Stored data
============================================================

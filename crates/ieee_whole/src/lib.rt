// Whole numbers of an f64: the ceiling, and the nearest one with its remainder modulo 4, each for every float.
#![tactic(auto)]

ghost use Rattle.std.specs.Prelude.{◌≡◌, ◌^◌, ◌≤◌, false, T, pos, neg_ℤ};
ghost use Rattle.std.specs.Float.Ieee as Ieee;
ghost use Rattle.std.specs.Float.{binary64, fin};
ghost use Rattle.ieee_whole.specs.Whole.{ceiling, whole_of, nearest_magnitude, mod4};

// A whole number as a float, and that number modulo 4.
#[derive(Clone, Copy, Debug, PartialEq)]
pub struct Whole {
    pub value: f64,
    pub mod_4: u64,
}

// From 2^52 on a float is whole.
const ALL_WHOLE: f64 = 4503599627370496.0;

// From 2^63 on a float is a multiple of 4.
const ALL_MULTIPLES_OF_4: f64 = 9223372036854775808.0;

// The first float above every u64.
const PAST_U64: f64 = 18446744073709551616.0;

// y.ceil() as usize: the least whole number that is no smaller than y, kept between 0 and 2^64 - 1; 0 for a NaN.
pub fn ceil_to_usize(y: f64) -> usize
    ensures { result ≡ ceiling y }
{
    if y > 0.0 {
        if y < ALL_WHOLE {
            let t = std::num::truncating_f64_to_u64(y);
            if (t as f64) < y {
                (t + 1) as usize
            } else {
                t as usize
            }
        } else if y < PAST_U64 {
            std::num::truncating_f64_to_u64(y) as usize
        } else {
            18446744073709551615
        }
    } else {
        0
    }
}

// The whole number nearest to a, which is not negative, a half going up.
fn half_up(a: f64) -> u64
    requires not_negative { T (Ieee.le (fin false 0 (pos 0)) a) }
    requires below_all_whole { T (Ieee.lt a (fin false 1 (pos 52))) }
    ensures nearest { result ≡ nearest_magnitude a }
    ensures at_most_all_whole { result ≤ 2 ^ 52 }
{
    (std::num::truncating_f64_to_u64(a + a) + 1) / 2
}

// n as a float, which is exact.
fn as_float(n: u64) -> f64
    requires { n ≤ 2 ^ 52 }
    ensures { result ≡ Ieee.of_int binary64 (pos n) }
{
    (n as i64) as f64
}

// −n as a float, +0.0 for n = 0.
fn minus_as_float(n: u64) -> f64
    requires { n ≤ 2 ^ 52 }
    ensures { result ≡ Ieee.of_int binary64 (neg_ℤ (pos n)) }
{
    (0 - (n as i64)) as f64
}

// −n modulo 4.
fn minus_mod_4(n: u64) -> u64
    ensures { result ≡ mod4 (neg_ℤ (pos n)) }
{
    (4 - n % 4) % 4
}

// The whole number nearest to p, halves away from zero, as a float, and it modulo 4.
pub fn nearest_whole(p: f64) -> Whole
    ensures { result ≡ whole_of p }
{
    if p < 0.0 {
        if p > -ALL_WHOLE {
            let n = half_up(-p);
            Whole {
                value: minus_as_float(n),
                mod_4: minus_mod_4(n),
            }
        } else if p > -ALL_MULTIPLES_OF_4 {
            Whole {
                value: p,
                mod_4: minus_mod_4(std::num::truncating_f64_to_u64(-p)),
            }
        } else {
            Whole { value: p, mod_4: 0 }
        }
    } else if p < ALL_WHOLE {
        let n = half_up(p);
        Whole {
            value: as_float(n),
            mod_4: n % 4,
        }
    } else if p < ALL_MULTIPLES_OF_4 {
        Whole {
            value: p,
            mod_4: std::num::truncating_f64_to_u64(p) % 4,
        }
    } else {
        Whole { value: p, mod_4: 0 }
    }
}
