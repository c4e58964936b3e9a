// Writing of meshes.
ghost use Rattle.std.specs.Prelude.{◌≡◌};
ghost use Rattle.mesh_check.specs.State.{empty_record, record_after};

use crate::output;
use mesh::TriMesh;
use refusal::Refusal;
use replay_calls::Answer;

// The answer of an edit: the refusal's number, and of the record that the edit leaves counts and bounds, then both slices.
fn mesh_written(why: u32, m: TriMesh, vertices: &[f64], triangles: &[u32]) -> bool {
    output::three_words(why, output::count(m.vertices), output::count(m.triangles))
        && output::bounds(m.bounds)
        && output::floats(vertices)
        && output::words(triangles)
}

// Writes what an edit of the mesh m answered: of a refused one the record is m.
pub(crate) fn edited(
    made: Result<TriMesh, Refusal>,
    m: TriMesh,
    vertices: &[f64],
    triangles: &[u32],
) -> Answer
    ensures { result.mesh ≡ record_after m made }
{
    let mesh = made.unwrap_or(m);
    Answer {
        mesh,
        written: mesh_written(refusal::number(made), mesh, vertices, triangles),
    }
}

// Writes a drawn mesh, and the work slice: of a refused one the record is the empty one.
pub(crate) fn drawn(
    made: Result<TriMesh, Refusal>,
    vertices: &[f64],
    triangles: &[u32],
    work: &[u32],
) -> Answer
    ensures { result.mesh ≡ record_after empty_record made }
{
    let answer = edited(made, mesh_check::empty_record(), vertices, triangles);
    Answer {
        mesh: answer.mesh,
        written: answer.written && output::words(work),
    }
}
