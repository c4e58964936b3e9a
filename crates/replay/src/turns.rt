// The run: case by case.
use replay_calls::Session;

// The next case. The run ends where none is left.
fn step(
    s: Session,
    va: &mut [f64; 196608],
    ta: &mut [u32; 393216],
    vb: &mut [f64; 196608],
    tb: &mut [u32; 393216],
    work: &mut [u32; 131072],
    list: &mut [f64; 4096],
) -> Session {
    let mut buf = [0u8; 65536];
    let next = crate::reading::next(&mut buf);
    let ops = replay_head::operations(next, &buf);
    let c = crate::reading::listed(next, list);
    crate::steps::call(s, c, ops, va, ta, vb, tb, work, list)
}

// All cases, in no more turns than a run can have.
pub(crate) fn run(
    va: &mut [f64; 196608],
    ta: &mut [u32; 393216],
    vb: &mut [f64; 196608],
    tb: &mut [u32; 393216],
    work: &mut [u32; 131072],
    list: &mut [f64; 4096],
) {
    let mut s = replay_calls::begun();
    for _ in 0..u64::MAX {
        s = step(s, va, ta, vb, tb, work, list);
        if !s.going {
            return;
        }
    }
}
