// Loading of lent slices from the input.
// Floats and words apart: one function over both would take the filling, the reading and the skipping as parameters.
use crate::input;
use replay_slices::{fill_floats, fill_words};

// Fills out with the first of n floats from the input, as far as they fit, and passes over the rest.
pub(crate) fn load_floats(out: &mut [f64], n: usize) -> bool {
    fill_floats(out);
    let k = n.min(out.len());
    if !input::floats(&mut out[..k]) {
        return false;
    }
    input::skip_floats(n - k)
}

// Fills out with the first of n numbers from the input, as far as they fit, and passes over the rest.
pub(crate) fn load_words(out: &mut [u32], n: usize) -> bool {
    fill_words(out);
    let k = n.min(out.len());
    if !input::words(&mut out[..k]) {
        return false;
    }
    input::skip_words(n - k)
}
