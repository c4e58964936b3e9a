// The next case from the input. A case whose call is 0 ends the run.
use crate::input;
use replay_head::Case;

// The case of the next 144 bytes.
fn read_head() -> Case {
    let mut b = [0u8; 144];
    if input::fill(&mut b) {
        replay_head::case_of(&b)
    } else {
        replay_head::none()
    }
}

// The next case, with the bytes of its operations at the start of buf.
pub(crate) fn next(buf: &mut [u8; 65536]) -> Case {
    let c = read_head();
    let h = c.head;
    if !replay_head::allowed(h) {
        return replay_head::none();
    }
    if !input::op_bytes(slice::wide(h.op_count), buf) {
        return replay_head::none();
    }
    c
}

// Reads n floats to the start of the list, and passes over further numbers.
fn read_list(n: usize, numbers: usize, list: &mut [f64]) -> bool {
    if list.len() < n {
        return false;
    }
    if !input::floats(&mut list[..n]) {
        return false;
    }
    input::skip_words(numbers)
}

// The case with its list read to the start of list.
pub(crate) fn listed(c: Case, list: &mut [f64]) -> Case {
    let h = c.head;
    if read_list(replay_head::list_floats(h), replay_head::passed(h), list) {
        c
    } else {
        replay_head::none()
    }
}
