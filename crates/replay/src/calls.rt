// The calls: each runs the library on the slices that it is lent, and writes the result.
ghost use Rattle.std.specs.Prelude.{◌≡◌, length};
ghost use Rattle.mesh_check.specs.State.{state};
ghost use Rattle.mesh_edit_law.specs.Edits.{append_of, flip_of, transform_of};
ghost use Rattle.outline_clip.specs.Clip.{clip_outline};
ghost use Rattle.replay_calls.specs.Sessions.{claimed};

use crate::loading::{load_floats, load_words};
use crate::output;
use crate::written::edited;
use mesh::TriMesh;
use replay_calls::{Answer, agreed, claimed_mesh};
use replay_format::Head;
use replay_slices::fill_words;
use slice::wide;
use transform::Operations;

// Clips an outline. It answers whether the result was written.
pub(crate) fn clip(list: &[f64], triangles: &mut [u32]) -> bool
    ensures { triangles.new ≡ (clip_outline list.now (length triangles.old)).slice }
{
    fill_words(triangles);
    let clipped = outline_clip::clip_outline(list, triangles);
    let cut = outline_clip::cut_or_zeros(clipped);
    if !output::three_words(
        refusal::number(clipped),
        output::count(cut.triangles),
        output::count(cut.removed),
    ) {
        return false;
    }
    output::words(triangles)
}

// Appends the other mesh to the first.
pub(crate) fn append(
    m: TriMesh,
    vertices: &mut [f64],
    triangles: &mut [u32],
    other: TriMesh,
    other_vertices: &[f64],
    other_triangles: &[u32],
) -> Answer
    ensures { state result.mesh vertices.new triangles.new
        ≡ (append_of (state m vertices.old triangles.old)
        (state other other_vertices.now other_triangles.now)).state }
{
    let made = mesh::append(
        m,
        vertices,
        triangles,
        other,
        other_vertices,
        other_triangles,
    );
    edited(made, m, vertices, triangles)
}

pub(crate) fn flip(m: TriMesh, vertices: &[f64], triangles: &mut [u32]) -> Answer
    ensures { state result.mesh vertices.now triangles.new
        ≡ (flip_of (state m vertices.now triangles.old)).state }
{
    let made = mesh::flip(m, vertices, triangles);
    edited(made, m, vertices, triangles)
}

pub(crate) fn transform(
    m: TriMesh,
    vertices: &mut [f64],
    triangles: &mut [u32],
    ops: &Operations,
) -> Answer
    ensures { state result.mesh vertices.new triangles.new
        ≡ (transform_of ops.now.ops ops.now.count ops.now.degrees (state m vertices.old triangles.old)).state }
{
    let made = mesh::transform(m, vertices, triangles, ops);
    edited(made, m, vertices, triangles)
}

pub(crate) fn measure(m: TriMesh, vertices: &[f64], triangles: &[u32]) -> bool {
    let volume = mesh::signed_volume(m, vertices, triangles);
    let enclosed = mesh::enclosed_volume(m, vertices, triangles);
    let area = mesh::area(m, vertices, triangles);
    let boxed = mesh::bounding_box(m, vertices, triangles);
    let why = agreed(
        refusal::number(volume),
        refusal::number(enclosed),
        refusal::number(area),
        refusal::number(boxed),
    );
    output::measured(
        why,
        mesh::bits_or_zero(volume),
        mesh::bits_or_zero(enclosed),
        mesh::bits_or_zero(area),
        mesh::box_or_zeros(boxed),
    )
}

// Loads both slices.
fn load_both(h: Head, vertices: &mut [f64], triangles: &mut [u32]) -> bool {
    if !load_floats(vertices, wide(h.list_floats)) {
        return false;
    }
    load_words(triangles, wide(h.loaded_numbers))
}

// Loads a mesh from the input, with the counts and the box claimed.
pub(crate) fn load(h: Head, vertices: &mut [f64], triangles: &mut [u32]) -> Answer
    ensures { result.mesh ≡ claimed h }
{
    let m = claimed_mesh(h);
    if !load_both(h, vertices, triangles) {
        return Answer {
            mesh: m,
            written: false,
        };
    }
    edited(Ok(m), m, vertices, triangles)
}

============================================================

== What needs to be done ==
Only lines with the word "over" count here; copy every one from the records.

== Exercise response ==
// Floats and words apart: one function over both would take the filling, the reading and the skipping as parameters.
// Fills out with the first of n floats from the input, as far as they fit, and passes over the rest.
// Fills out with the first of n numbers from the input, as far as they fit, and passes over the rest.
// Reads n floats to the start of the list, and passes over further numbers.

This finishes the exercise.